# Private Bridges



## mythste (27 Jul 2016)

This is going to sound super petty, and I'm more curious than upset or angry, so please take the following with that in mind!

I was cycling around the Fylde in Lancashire last week with a route I'd planned in Strava and it took me to a private toll bridge across the river Wyre. 
There was a big sign that said "cyclists stop here!", so I did, and a woman came out of her little hut and said "It's 20p for a bike". I literally didn't have 20p on me (I was only a few miles from my parents house - I should carry money, I know!)

Anyway, perfectly politely I said I thought it was unusual for bikes to be charged as we don't cause any damage and we're usually a nice bunch! To which she replied "Oh, the owners don't like cyclists"
_"They don't like cyclists?"_
"You're quite abusive"
_"Am I? I'm incredibly sorry I don't intend to be"_
"No not you, Cyclists"
_"But I am a cyclist!"_
"It doesnt matter, its a private bridge and if you cant pay the toll you can't come across".

... Mental.

I noticed it was free to cross if you where a pedestrian, I chanced my arm by suggesting actually I'd finished riding my bike and I was now a pedestrian with luggage. This idea was not entertained.

For the sake of 20p I'm not going to be writing any complaints, I'd have paid 20p if I'd have had it on me, but after the conversation I had it seemed it was in place as a punishment rather than a tax - if you see my meaning.

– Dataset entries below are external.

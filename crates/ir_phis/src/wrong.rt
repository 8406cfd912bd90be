//! The lines of what breaks a rule on the edges between blocks.
ghost use Rattle.std.specs.Prelude.{◌≡◌, ◌++◌, IfOk, OnOk, Some};
ghost use Rattle.std.specs.List.{flat_map};
ghost use Rattle.ir_ident.specs.NameMaps.{value_of};
ghost use Rattle.ir_phis.specs.Rises.{Rises};
ghost use Rattle.ir_phis.specs.Wrong.{fits_edges, leads_to_entry, phi_lines, wrong_in_block, wrong_in_blocks, wrong_in_body, wrong_phis};
ghost use Rattle.ir_cfg.specs.Reached.{has_place, label_place};
ghost use Rattle.ir_syntax.specs.Terms.{term_line};

use crate::entries::{have_one_value, name_blocks};
use crate::predecessors::{predecessors, predecessors_at};
use ir_cfg::{label_places, successors_of};
use ir_ident::NameMap;
use ir_syntax::{Block, Blocks, Module, Phi, Term, push_line_if};
use std::alloc::{AllocError, Global};

/// Adds the lines, from 1, of what breaks a rule on the edges between blocks, in the order of the text: of a terminator,
/// in a block that some path reaches or not, that names the label of the first block (LangRef, "Functions"), and of a phi
/// whose entries are not one for each edge to its block, or differ in value for one block (LangRef, "phi Instruction").
///
/// # Errors
///
/// [`AllocError`].
pub fn push_phi_lines(alloc: Global, m: &Module, lines: &mut Vec<u32>) -> Result<(), AllocError>
    ensures { OnOk result (lines.new.items ≡ lines.old.items ++ phi_lines m.now) }
{
    for function in m.functions.as_slice() {
        push_in_body(alloc, &function.blocks, lines)?;
    }
    Ok(())
}

fn push_in_body(
    alloc: Global,
    blocks: &Option<Blocks>,
    lines: &mut Vec<u32>,
) -> Result<(), AllocError>
    ensures { OnOk result (lines.new.items ≡ lines.old.items ++ wrong_in_body blocks.now) }
{
    match blocks {
        Some(blocks) => push_in_defined(alloc, blocks.as_slice(), lines),
        None => Ok(()),
    }
}

fn push_in_defined(alloc: Global, blocks: &[Block], lines: &mut Vec<u32>) -> Result<(), AllocError>
    ensures { OnOk result (lines.new.items ≡ lines.old.items ++ wrong_in_blocks (label_place blocks.now) blocks.now) }
{
    let places = label_places(alloc, blocks)?;
    push_in_blocks(alloc, &places, blocks, lines)
}

fn push_in_blocks(
    alloc: Global,
    places: &NameMap<'_, usize>,
    blocks: &[Block],
    lines: &mut Vec<u32>,
) -> Result<(), AllocError>
    ensures { OnOk result (lines.new.items ≡ lines.old.items ++ wrong_in_blocks (value_of places.now) blocks.now) }
{
    let all = predecessors(alloc, places, blocks)?;
    for place in 0..blocks.len() {
        let from = predecessors_at(all.as_slice(), place);
        push_in_block(alloc, places, from, &blocks[place], lines)?;
    }
    Ok(())
}

fn push_in_block(
    alloc: Global,
    places: &NameMap<'_, usize>,
    predecessors: &[usize],
    block: &Block,
    lines: &mut Vec<u32>,
) -> Result<(), AllocError>
    requires { Rises 0 predecessors.now }
    ensures { OnOk result (lines.new.items ≡ lines.old.items ++ wrong_in_block (value_of places.now) predecessors.now (Some block.now)) }
{
    push_wrong_phis(alloc, places, predecessors, block.phis.as_slice(), lines)?;
    let wrong = leads_to_entry(alloc, places, &block.term)?;
    push_line_if(lines, wrong, block.term.line())
}

fn push_wrong_phis(
    alloc: Global,
    places: &NameMap<'_, usize>,
    predecessors: &[usize],
    phis: &[Phi],
    lines: &mut Vec<u32>,
) -> Result<(), AllocError>
    requires { Rises 0 predecessors.now }
    ensures { OnOk result (lines.new.items ≡ lines.old.items ++ wrong_phis (value_of places.now) predecessors.now phis.now) }
{
    for phi in phis {
        let fits = fits_edges(alloc, places, predecessors, phi)?;
        push_line_if(lines, !fits, phi.line)?;
    }
    Ok(())
}

/// Whether a phi has one entry for each of these predecessors, and one value for each block.
fn fits_edges(
    alloc: Global,
    places: &NameMap<'_, usize>,
    predecessors: &[usize],
    phi: &Phi,
) -> Result<bool, AllocError>
    requires { Rises 0 predecessors.now }
    ensures { IfOk result (λ fits. fits ≡ fits_edges (value_of places.now) predecessors.now phi.now) }
{
    let entries = phi.entries.as_slice();
    let named = name_blocks(alloc, places, entries, predecessors)?;
    let same = have_one_value(alloc, &phi.ty, entries)?;
    Ok(named & same)
}

/// Whether a terminator leads to the first block.
fn leads_to_entry(
    alloc: Global,
    places: &NameMap<'_, usize>,
    term: &Term,
) -> Result<bool, AllocError>
    ensures { IfOk result (λ leads. leads ≡ leads_to_entry (value_of places.now) term.now) }
{
    let successors = successors_of(alloc, places, term)?;
    Ok(has_first(successors.as_slice()))
}

/// Whether the first block is one of these.
fn has_first(places: &[usize]) -> bool
    ensures { result ≡ has_place places.now 0 }
{
    places.iter().any(|place| *place == 0)
}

Any thoughts? Could I have been a pedestrian? I've a mind, next time I'm headed that way, to be a pedestrian carrying a cycle just to prove a point...


----------



## rugby bloke (27 Jul 2016)

Sounds like something out of Middle Earth. Save your 20p and cycle another route.


----------



## User33236 (27 Jul 2016)

Warburton Bridge, not far from Warrington, is a private toll bridge. Bikes go free and cars are 12p one way and 25p return ( used to be 12 1/2p one way but the 1/2p got dropped and complex rules meant they couldn't raise it to 13p)


----------



## mythste (27 Jul 2016)

User said:


> Did they not take card payment?



I did inquire about apple pay, no joy!


----------



## mythste (27 Jul 2016)

rugby bloke said:


> Sounds like something out of Middle Earth. Save your 20p and cycle another route.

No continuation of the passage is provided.